Don't let it ruin your vacation Art. Sounds like you still have a great unit and
Some free meals coming. You still own at a beautiful resort and that hasn't
Changed. Have you been seeing any whales? I see the count for Febuary was
Way down from Janruary.

We're still getting snow here so I wish I was changing units at the Point.


----------



## artringwald (Feb 24, 2013)

It's hard to say your vacation is ruined when it's 75 degrees and sunny outside. The 2nd floor unit is nice, and we're settled in now. We've only seen whale spouts a couple of times, not nearly as often as we usually see them, and they're not as close. Haven't seen any monk seals on the beach, but we've seen a plethora of rainbows. 

For years we've talked about going the Allerton Gardens, and yesterday we finally got there. It was great, and our guide was quite entertaining. Highly recommended.


----------



## slip (Feb 24, 2013)

We've talked about that for years too. I think we'll add that to our list for
This year. We're getting our list together now. Thanks Art. Enjoy the rest 
Of your time there.


----------



## T_R_Oglodyte (Feb 24, 2013)

artringwald said:


> We got at very nice 4th floor ocean front unit for two weeks. After one week they told us the second week belonged to fixed unit/fixed week owner. They had arrived and wanted their unit. We agreed to swap to a similar room on the 2nd floor and they did give us $200 in shopping dining vouchers, but it was still a pain having to pack and unpack.


In Building 6??  I'd guess so, because fourth floor of Building 6 is where I think most, if not all, of the fixed week sales occurred.  Pretty great location - that's why they were cherry picked by the fixed week purchasers.


----------



## Poobah (Feb 24, 2013)

*Managing Inventory*

Trying to manage all of the inventory classes has got to be a daunting task and I am not surprised that there is an occasional slip-up. Particularly with the reduced inventory because of the water intrusion repairs.

Not only are there the inventories that Art mentioned there is also the bulk space bank weeks as well.

It is really too bad they will not tell you what unit you have when you make your reservation like they used to. If they had done this the anomaly would have been caught a long time ago. 

I assume they had the staff help you move.

We arrive 7 March to continue the Minnesota presence at The Point.

Cheers,

Paul


----------



## T_R_Oglodyte (Feb 24, 2013)

Poobah said:


> It is really too bad they will not tell you what unit you have when you make your reservation like they used to. If they had done this the anomaly would have been caught a long time ago.



Unfortunately that was killed by the combination of hectoring of the housekeeping staff by some people who wanted to move into their "assigned" units prior to check-in combined with some unfortunate scenes in the lobby when some people needed to be relocated out of their "assigned" units when an elevator broke down and reassignments were necessary to assure that people who needed ADA-compliant units were appropriately accommodated. 

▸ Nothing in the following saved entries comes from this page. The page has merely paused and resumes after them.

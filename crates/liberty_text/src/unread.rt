//! Tokens that are read one after another, in memory that is given back as they are read.

ghost use Rattle.std.specs.Prelude.{◌≡◌, [], reverse, length, IfOk};
ghost use Rattle.liberty_text.specs.Unread.{first, others};

use crate::kept::{Kept, copy_kept};
use crate::token::Token;
use std::alloc::{AllocError, Global};
use std::marker::Model;

/// The room of fewer tokens than these is kept.
const FEW: usize = 65_536;

/// The tokens of a text that are not read yet. Contracts see the list of them.
#[derive(Drop)]
pub struct Unread {
    /// The last token of the text stands first, so that the next one can be taken off the end.
    turned: Vec<Kept>,
}

impl Model for Unread {
    ghost use Rattle.std.specs.Prelude.{List, reverse};
    ghost use Rattle.liberty_text.specs.declared.token.Token.{Token};

    ghost Value = { List Token };

    ghost view = { λ u. reverse u.turned.items };
}

impl Unread {
    /// All of these tokens.
    #[tactic(auto, using(crate::proofs::Turning::turned_back))]
    pub fn new(tokens: Vec<Kept>) -> Unread
        ensures { result ≡ tokens.items }
    {
        let mut turned = tokens;
        turned.reverse();
        Unread { turned }
    }

    /// The same tokens once more. An `Err` comes only where memory is wanting.
    pub fn again(&self, alloc: Global) -> Result<Unread, AllocError>
        ensures { IfOk result (λ same. same ≡ self.now) }
    {
        let turned = copy_kept(alloc, &self.turned)?;
        Ok(Unread { turned })
    }

    /// The tokens, the last one first.
    pub fn turned(&self) -> &[Kept]
        ensures { reverse result.now ≡ self.now }
    {
        self.turned.as_slice()
    }

    /// How many tokens there are.
    #[tactic(auto, using(crate::proofs::Turning::turned_length))]
    #[inline(always)]
    pub fn len(&self) -> usize
        ensures { result ≡ length self.now }
    {
        self.turned.len()
    }

    /// The next token, which stays.
    #[tactic(auto, using(crate::proofs::Turning::turned_first))]
    #[inline(always)]
    pub fn first(&self) -> Option<Token>
        ensures { result ≡ first self.now }
    {
        match self.turned.as_slice() {
            [.., next] => Some(next.token()),
            [] => None,
        }
    }

    /// Takes off the next token.
    #[tactic(auto, using(crate::proofs::Turning::turned_others))]
    #[inline(always)]
    pub fn skip(&mut self)
        ensures { self.new ≡ others self.old }
    {
        self.turned.pop();
    }

    /// Gives back the memory of the tokens that were taken off, where it is that of many and more than an eighth of all.
    pub fn give_back(&mut self)
        ensures { self.new ≡ self.old }
    {
        let room = self.turned.capacity();
        if room > FEW && self.turned.len() < room - room / 8 {
            self.turned.shrink_to(FEW);
        }
    }

    /// An empty list, with the memory that the tokens stood in.
    pub fn into_room(self) -> Vec<Kept>
        ensures { result.items ≡ [] }
    {
        let Unread { mut turned } = self;
        turned.clear();
        turned
    }
}
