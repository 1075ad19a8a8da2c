//! Liberty text: its tokens with their places, the values of quoted texts, and the numbers and
//! times that they spell.
#![tactic(auto)]

mod bytes_after;
mod class;
mod decimal;
mod gaps;
mod idle;
mod kept;
mod laws;
mod number;
mod passing;
mod scanner;
mod text;
mod time;
mod token;
mod unread;
mod whole_texts;

pub use decimal::{Fixed, NumberFault};
pub use kept::{Kept, KeptScan, copy_kept};
pub use laws::{one_reading, tokens_cover};
pub use number::fixed;
pub use scanner::{Mode, Scanner};
pub use text::{one_value, plain_value, quotes_read_back, text_value};
pub use time::{Unit, is_shown_within, picoseconds};
pub use token::{Scan, Stop, TextFault, Token, TokenKind};
pub use unread::Unread;
pub use whole_texts::{scan, scan_kept, tokens};
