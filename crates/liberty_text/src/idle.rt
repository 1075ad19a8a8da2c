//! Runs of bytes that leave what stands open as it is.

ghost use Rattle.std.specs.Prelude.{◌≡◌, ◌≤◌, length};
ghost use Rattle.liberty_text.specs.Idle.{is_plain_in_word, is_plain_in_text, front_run, idle_run, is_mark_byte};

use crate::gaps::blank_run;
use crate::scanner::Mode;
use lexer::{ByteClass, byte_table, run_length};
use memchr::memchr2;

macro_rules! plain_in_word {
    ($b:expr) => {
        b'!' <= $b
            && $b <= b'~'
            && !($b == b'{' || $b == b'}' || $b == b'(' || $b == b')')
            && !($b == b':' || $b == b';' || $b == b',' || $b == b'"')
            && !($b == b'\\' || $b == b'/')
    };
}

/// Of each byte, whether it may stand in a Word and is no slash.
static PLAIN_IN_WORD: [bool; 256] = byte_table!(plain_in_word);

/// Bytes that may stand in a Word, but no slash.
struct PlainInWord;

impl ByteClass for PlainInWord {
    ghost has = { is_plain_in_word };

    #[inline(always)]
    fn contains(byte: u8) -> bool {
        is_plain_in_word(byte)
    }
}

/// Whether a byte may stand in a Word and is no slash, by one look.
#[inline(always)]
fn is_plain_in_word(byte: u8) -> bool
    ensures { result ≡ is_plain_in_word byte }
{
    PLAIN_IN_WORD[usize::from(byte)]
}

/// How many bytes are searched before the others. Most texts are shorter, and a search of more bytes than these takes wide
/// steps, which cost more where the end is near.
const NEAR: usize = 127;

/// How many bytes at the front are neither quotes nor backslashes, by one search.
#[tactic(auto, using(crate::proofs::Firsts::text_some, crate::proofs::Firsts::text_none))]
fn searched_run(bytes: &[u8]) -> usize
    ensures value { result ≡ front_run is_plain_in_text bytes.now }
    ensures within { result ≤ length bytes.now }
{
    match memchr2(b'"', b'\\', bytes) {
        Some(at) => at,
        None => bytes.len(),
    }
}

/// How many bytes at the front are neither quotes nor backslashes.
pub(crate) fn text_run(bytes: &[u8]) -> usize
    ensures value { result ≡ front_run is_plain_in_text bytes.now }
    ensures within { result ≤ length bytes.now }
{
    if bytes.len() <= NEAR {
        return searched_run(bytes);
    }
    let (near, far) = bytes.split_at(NEAR);
    let run = searched_run(near);
    if run < near.len() {
        run
    } else {
        run + searched_run(far)
    }
}

/// How many bytes at the front may stand in a Word and are no slash.
#[inline(always)]
pub(crate) fn word_run(bytes: &[u8]) -> usize
    ensures value { result ≡ front_run is_plain_in_word bytes.now }
    ensures within { result ≤ length bytes.now }
{
    run_length::<PlainInWord>(bytes)
}

/// How many bytes at the front leave open what stands open. No token ends with one of them.
#[inline(always)]
pub(crate) fn idle_run(mode: Mode, bytes: &[u8]) -> usize
    ensures value { result ≡ idle_run mode bytes.now }
    ensures within { result ≤ length bytes.now }
{
    match mode {
        Mode::Between { .. } => blank_run(bytes),
        Mode::InWord { slash: None, .. } => word_run(bytes),
        Mode::InText { escaped: false, .. } => text_run(bytes),
        _ => 0,
    }
}

/// Whether a byte is a brace of a group or a semicolon.
#[inline(always)]
pub(crate) fn is_mark_byte(byte: u8) -> bool
    ensures { result ≡ is_mark_byte byte }
{
    byte == b';' || (byte == b'{' || byte == b'}')
}
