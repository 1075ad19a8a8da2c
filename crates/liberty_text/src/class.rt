//! The bytes of a Liberty text outside texts and comments.

ghost use Rattle.std.specs.Prelude.{◌≡◌};
ghost use Rattle.liberty_text.specs.Scanner.{class_of};

use crate::token::TokenKind;

/// What a byte is outside texts and comments.
#[derive(Clone, Copy, PartialEq, Eq)]
pub enum Class {
    LineEnd,
    Blank,
    Mark(TokenKind),
    Quote,
    Backslash,
    WordByte,
    Bad,
}

/// What a byte is outside texts and comments.
#[inline(always)]
pub fn class_of(byte: u8) -> Class
    ensures { result ≡ class_of byte }
{
    match byte {
        b'\n' => Class::LineEnd,
        b' ' | b'\t' | b'\r' => Class::Blank,
        b'{' | b'}' | b'(' | b')' => Class::Mark(TokenKind::Brace(byte)),
        b':' => Class::Mark(TokenKind::Colon),
        b';' => Class::Mark(TokenKind::Semicolon),
        b',' => Class::Mark(TokenKind::Comma),
        b'"' => Class::Quote,
        b'\\' => Class::Backslash,
        b'!'..=b'~' => Class::WordByte,
        _ => Class::Bad,
    }
}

The latter situation was kind of the final straw; after that the resort implemented the policy of not telling what unit they were assigned to until they actually checked in.

The best that we've been able to do now is that if we arrive early and want to hang out for awhile, the staff will tell us on which side of the property we should park our car.


----------



## wilma (Feb 25, 2013)

Room assignments are going to be even more difficult as they are working on the water intrusion project. My upcoming stay starts on March 2 and I had originally requested units in building 6 and a couple in bldg 4. But I called Poipu Point yesterday and they told me that they will be working on bldg 6 in March and that bldg will not be available. True?


----------



## artringwald (Feb 25, 2013)

T_R_Oglodyte said:


> In Building 6??  I'd guess so, because fourth floor of Building 6 is where I think most, if not all, of the fixed week sales occurred.  Pretty great location - that's why they were cherry picked by the fixed week purchasers.


We're in building 8. We started in 8-404 and from the lanai, we could see the turtles swimming in the waves. We're in 8-204 now, and we can't see turtles, but the view is still nice:


----------



## artringwald (Feb 25, 2013)

Poobah said:


> I assume they had the staff help you move.



The staff did help us move. They brought some crates which made moving all the food easier. We used the vouchers to get a nice dinner at Keoki's Paradise last night.


----------



## artringwald (Feb 25, 2013)

wilma said:


> Room assignments are going to be even more difficult as they are working on the water intrusion project. My upcoming stay starts on March 2 and I had originally requested units in building 6 and a couple in bldg 4. But I called Poipu Point yesterday and they told me that they will be working on bldg 6 in March and that bldg will not be available. True?



Building 4 is done, and they've already put a fence around building 6. If you go to the manager's meeting, Jamie will give you a tour of the model in building 4. I posted some pictures on this thread: http://www.tugbbs.com/forums/showthread.php?t=187834


----------



## wilma (Feb 25, 2013)

Thanks Art, I suppose we will end up in bldg 4 or 8 since 6 is out of commission.


----------